>>>>>

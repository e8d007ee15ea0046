//! Worked blocks of both formats, and transfers that are refused.

ghost use Rattle.std.specs.Prelude.{◌≡◌, ◌<◌, ◌≤◌, [], length};

use std::process::Abort;
use std::test::Fail;
use un_frame::Kind;
use un_ntb::{Writer, read};
use un_req::{Pool, Request};

/// A block of NTB16 with one frame of 60 bytes, to 02:00:00:00:00:02 from 02:00:00:00:00:01.
const BLOCK_16: [u8; 92] = *b"NCMH\x0c\0\0\0\x5c\0\x4c\0\
\0\0\x02\0\0\0\0\x02\x02\0\0\0\0\x01\x08\0\
\0\0\0\0\0\0\0\0\0\0\0\0\0\0\0\0\0\0\0\0\0\0\0\
\0\0\0\0\0\0\0\0\0\0\0\0\0\0\0\0\0\0\0\0\0\0\0\
\0\0NCM0\x10\0\0\0\x0e\0\x3c\0\0\0\0\0";

/// The same of NTB32.
const BLOCK_32: [u8; 112] = *b"ncmh\x10\0\0\0\x70\0\0\0\x50\0\0\0\
\0\0\x02\0\0\0\0\x02\x02\0\0\0\0\x01\x08\0\
\0\0\0\0\0\0\0\0\0\0\0\0\0\0\0\0\0\0\0\0\0\0\0\
\0\0\0\0\0\0\0\0\0\0\0\0\0\0\0\0\0\0\0\0\0\0\0\
\0\0ncm0\x20\0\0\0\0\0\0\0\0\0\0\0\x12\0\0\0\x3c\0\0\0\0\0\0\0\0\0\0\0";

/// The largest block that these tests build, in bytes.
const BLOCK: u32 = 262_144;

/// Builds a block of so many frames, alike, each of which must fit, and tells whether one more would.
fn build<const WIDTH: usize>(
    rt: &impl Abort,
    writer: &mut Writer<WIDTH>,
    request: &mut Request,
    frame: &[u8],
    count: u32,
    serial: u64,
) -> bool
    requires room { writer.old.block ≤ request.old.capacity }
    requires least { 14 ≤ length frame.now }
    requires most { length frame.now < 65536 }
    ensures room { writer.new.block ≤ request.new.capacity }
{
    request.clear();
    writer.start(request);
    for _ in 0..count {
        assert!(rt; writer.fits(frame.len() as u32));
        writer.append(request, frame);
    }
    let fits = writer.fits(frame.len() as u32);
    assert!(rt; writer.count() > 0);
    writer.close(request, serial);
    fits
}

/// Whether a transfer is refused so.
fn is_refused<const WIDTH: usize>(bytes: &[u8], kind: Kind, at: u64) -> bool {
    match read::<WIDTH>(bytes) {
        Ok(_) => false,
        Err(fault) => fault.kind == kind && fault.at == at,
    }
}

/// How many datagrams are read, up to 10,000, if each is this frame and the transfer isn't refused.
fn frames_read<const WIDTH: usize>(bytes: &[u8], frame: &[u8]) -> Option<u32> {
    let mut parts = read::<WIDTH>(bytes).ok()?;
    for count in 0..10_000 {
        match parts.next() {
            None => return Some(count),
            Some(part) if part != frame => return None,
            Some(_) => {}
        }
    }
    None
}

/// How long the first datagram of the block in a request is, which is then emptied: a part is lent until its bytes are given
/// up, and no longer (must-fail/part_outlives_its_bytes.md keeps one past that, and the compiler refuses it).
fn look_and_clear(request: &mut Request) -> usize {
    let part = match read::<2>(request.bytes()) {
        Ok(mut parts) => parts.next(),
        Err(_) => None,
    };
    let length = part.map_or(0, |bytes| bytes.len());
    request.clear();
    length
}

/// The frame of the block above with zeros after it, to 1,514 bytes.
fn long_frame() -> [u8; 1514] {
    let mut frame = [0u8; 1514];
    frame[..60].copy_from_slice(&BLOCK_16[14..74]);
    frame
}

#[test]
fn builds_blocks_of_16_bits(rt: HostRuntime) -> Result<(), Fail> {
    let frame = &BLOCK_16[14..74];
    let long = long_frame();
    let mut pool = Pool::make(rt.alloc(), 1, BLOCK)?;
    let mut request = pool.take().ok_or("none is home")?;
    assert!(rt; request.capacity() == BLOCK);
    let mut writer: Writer<2> = Writer::make(rt.alloc(), 32, 2048, 4, 0, 4)?;

    build(&rt, &mut writer, &mut request, frame, 1, 65_536);
    assert!(rt; request.bytes() == BLOCK_16.as_slice());
    assert_eq!(rt; frames_read::<2>(request.bytes(), frame), Some(1));

    build(&rt, &mut writer, &mut request, frame, 5, 0);
    assert!(rt; request.bytes().len() == 348);
    assert!(rt;
        request.bytes()[316..].starts_with(
            b"NCM0\x20\0\0\0\x0e\0\x3c\0\x4a\0\x3c\0\x86\0\x3c\0\xc2\0\x3c\0\xfe\0\x3c\0"
        )
    );
    assert_eq!(rt; frames_read::<2>(request.bytes(), frame), Some(5));

    let another = build(&rt, &mut writer, &mut request, &long, 1, 1);
    assert!(rt; !another, "two frames of 1,514 bytes in a block of 2,048");
    assert!(rt; request.bytes().len() == 1544);
    assert!(rt; request.bytes()[6..].starts_with(&[1, 0]));
    assert_eq!(rt; look_and_clear(&mut request), 1514);
    Ok(())
}

#[test]
fn builds_blocks_of_32_bits(rt: HostRuntime) -> Result<(), Fail> {
    let frame = &BLOCK_32[18..78];
    let header = &BLOCK_32[18..32];
    let mut pool = Pool::make(rt.alloc(), 1, BLOCK)?;
    let mut request = pool.take().ok_or("none is home")?;
    assert!(rt; request.capacity() == BLOCK);
    let mut writer: Writer<4> = Writer::make(rt.alloc(), 0, BLOCK, 4, 0, 4)?;

    build(&rt, &mut writer, &mut request, frame, 1, 0);
    assert!(rt; request.bytes() == BLOCK_32.as_slice());
    assert_eq!(rt; frames_read::<4>(request.bytes(), frame), Some(1));

    let another = build(&rt, &mut writer, &mut request, header, 8188, 0);
    assert!(rt; !another, "the table's length has 16 bits");
    assert!(rt; request.bytes().len() == 196_552);
    assert!(rt; request.bytes()[131_024..].starts_with(b"ncm0\xf8\xff"));
    assert_eq!(rt; frames_read::<4>(request.bytes(), header), Some(8188));
    Ok(())
}

#[test]
fn refuses_changed_blocks(rt: HostRuntime) {
    let frame = &BLOCK_16[14..74];
    let cases = [
        (0, 0x4f, Kind::BadSignature, 0),
        (4, 0x0d, Kind::BadHeaderLength, 4),
        (10, 0x00, Kind::BadNdpIndex, 10),
        (10, 0x4d, Kind::BadNdpIndex, 10),
        (79, 0x31, Kind::CrcTable, 76),
        (79, 0x32, Kind::BadSignature, 76),
        (80, 0x12, Kind::BadNdpLength, 80),
        (80, 0x14, Kind::BadNdpLength, 80),
        (82, 0x4c, Kind::NdpLoop, 82),
        (84, 0x0b, Kind::BadEntry, 84),
        (86, 0x0d, Kind::BadEntry, 84),
        (86, 0x4f, Kind::BadEntry, 84),
    ];
    for (at, byte, kind, fault_at) in cases {
        let mut bytes = BLOCK_16;
        if let Some(place) = bytes.get_mut(at) {
            *place = byte;
        }
        assert!(rt; is_refused::<2>(&bytes, kind, fault_at), "byte {at}");
    }
    let mut whole = BLOCK_16;
    whole[8] = 0;
    assert_eq!(rt; frames_read::<2>(&whole, frame), Some(1));
    assert!(rt; is_refused::<2>(&BLOCK_16[..91], Kind::BadBlockLength, 8));
    assert!(rt; is_refused::<2>(&BLOCK_16[..11], Kind::Truncated, 0));
    assert!(rt; is_refused::<4>(&BLOCK_32[..111], Kind::BadBlockLength, 8));
    for (at, byte, kind, fault_at) in [
        (83, 0x31, Kind::CrcTable, 80),
        (88, 0x50, Kind::NdpLoop, 88),
        (100, 0x5f, Kind::BadEntry, 96),
    ] {
        let mut bytes = BLOCK_32;
        if let Some(place) = bytes.get_mut(at) {
            *place = byte;
        }
        assert!(rt; is_refused::<4>(&bytes, kind, fault_at), "byte {at}");
    }
}

/// A block's header that names index 12, and 33 tables of 16 bytes from there on, each with null pairs alone. Each of the first
/// `tables` names the next but the last, which names none.
fn chain(tables: u16) -> [u8; 540] {
    let mut bytes = [0u8; 540];
    bytes[..12].copy_from_slice(b"NCMH\x0c\0\0\0\0\0\x0c\0");
    for table in 0..33 {
        let at = 12 + 16 * table as usize;
        bytes[at..at + 6].copy_from_slice(b"NCM0\x10\0");
        if table + 1 < tables {
            let next: u16 = 12 + 16 * (table + 1);
            bytes[at + 6..at + 8].copy_from_slice(&next.to_le_bytes());
        }
    }
    bytes
}

#[test]
fn reads_chains_of_tables(rt: HostRuntime) -> Result<(), Fail> {
    let longest = chain(32);
    let bytes = longest.get(..524).ok_or("too short")?;
    assert_eq!(rt; frames_read::<2>(bytes, &[]), Some(0));
    assert!(rt; is_refused::<2>(&chain(33), Kind::NdpLoop, 514));
    Ok(())
}
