//! Worked bytes, and each public call once.

use std::test::Fail;
use un_desc::{DescFault, FunctionKind, Part, build, read};
use un_frame::{Class, Params};

/// ECM with a segment of 1,514 bytes and packets of 512.
const ECM: [u8; 80] = [
    0x09, 0x02, 0x50, 0x00, 0x02, 0x01, 0x00, 0x80, 0x32, 0x09, 0x04, 0x00, 0x00, 0x01, 0x02, 0x06,
    0x00, 0x00, 0x05, 0x24, 0x00, 0x10, 0x01, 0x05, 0x24, 0x06, 0x00, 0x01, 0x0d, 0x24, 0x0f, 0x01,
    0x00, 0x00, 0x00, 0x00, 0xea, 0x05, 0x00, 0x00, 0x00, 0x07, 0x05, 0x82, 0x03, 0x10, 0x00, 0x09,
    0x09, 0x04, 0x01, 0x00, 0x00, 0x0a, 0x00, 0x00, 0x00, 0x09, 0x04, 0x01, 0x01, 0x02, 0x0a, 0x00,
    0x00, 0x00, 0x07, 0x05, 0x81, 0x02, 0x00, 0x02, 0x00, 0x07, 0x05, 0x01, 0x02, 0x00, 0x02, 0x00,
];

#[test]
fn builds_the_bytes(rt: HostRuntime) -> Result<(), Fail> {
    let ecm = build(rt.alloc(), &Params::of_class(Class::Ecm))?;
    assert_eq!(rt; ecm.as_slice(), ECM.as_slice());
    let eem = build(rt.alloc(), &Params::of_class(Class::Eem))?;
    assert_eq!(rt; eem.as_slice().len(), 32);
    let ncm = build(rt.alloc(), &Params::of_class(Class::Ncm32))?;
    assert_eq!(rt; ncm.as_slice().len(), 86);
    Ok(())
}

#[test]
fn reads_the_function(rt: HostRuntime) -> Result<(), Fail> {
    let function = read(&ECM).ok().ok_or("the bytes are refused")?;
    assert_eq!(rt;
        (function.kind, function.segment, function.packet),
        (FunctionKind::Ecm, 1514, 512)
    );
    assert_eq!(rt;
        (
            function.control,
            function.interface,
            function.setting,
            function.bulk_in,
            function.bulk_out
        ),
        (0, 1, 1, 0x81, 0x01)
    );
    assert_eq!(rt;
        read(&ECM[..73]),
        Err(DescFault::Missing {
            part: Part::Endpoints
        })
    );
    assert_eq!(rt; read(&ECM[..79]), Err(DescFault::Truncated { at: 73 }));
    let mut other = ECM;
    other[15] = 0x03;
    assert_eq!(rt; read(&other), Err(DescFault::Unknown { class: 3 }));
    Ok(())
}
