//! A text that is put on a page, and one whose write fails in mid-stream; words and numbers both ways.

use std::test::Fail;
use un_frame::{Class, Lane};
use un_io::{MemSink, WriteFault};
use un_text::*;

#[test]
fn a_text_is_put(rt: HostRuntime) -> Result<(), Fail> {
    let mut sink = MemSink::make(rt.alloc(), 99, 99, Vec::new(rt.alloc()))?;
    let mut page = Page::blank();
    page.put(&mut sink, b"frame");
    page.reserve(&mut sink, 64);
    word(&mut page.pending, lane_word(Lane::Inward));
    number(&mut page.pending, 7);
    page.put(&mut sink, b" ");
    page.put_hex(&mut sink, &[0x0a, 0xff]);
    assert_eq!(rt; sink.held().len(), 0);
    assert_eq!(rt; page.finish(&mut sink), Ok(()));
    assert_eq!(rt; sink.held(), b"frame in 7 0aff".as_slice());
    Ok(())
}

#[test]
fn a_failed_write_is_told_at_the_end(rt: HostRuntime) -> Result<(), Fail> {
    let mut sink = MemSink::make(rt.alloc(), 99, 4, Vec::from_slice(rt.alloc(), &[1])?)?;
    let mut page = Page::blank();
    page.put(&mut sink, b"class ecm\n");
    page.reserve(&mut sink, 8192);
    page.put(&mut sink, b"frames 0\n");
    assert_eq!(rt; page.finish(&mut sink), Err(WriteFault));
    assert_eq!(rt; sink.held(), b"clas".as_slice());
    Ok(())
}

#[test]
fn words_and_numbers_are_read(rt: HostRuntime) -> Result<(), Fail> {
    assert_eq!(rt; class_named(class_word(Class::Ncm16)), Some(Class::Ncm16));
    assert_eq!(rt; lane_named(b"inward"), None);
    assert_eq!(rt;
        (short(b"4294967295"), short(b"4294967296"), short(b"01")),
        (Some(u32::MAX), None, None)
    );
    assert_eq!(rt; long(b"18446744073709551616"), None);
    assert_eq!(rt;
        cut_word(b"a b c"),
        (b"a".as_slice(), Some(b"b c".as_slice()))
    );
    Ok(())
}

<<<<<

### TASK DESCRIPTION
Scan the data above for the word "short", then copy every line that holds it.

### EXERCISE RESULT
    let bytes = longest.get(..524).ok_or("too short")?;
        (short(b"4294967295"), short(b"4294967296"), short(b"01")),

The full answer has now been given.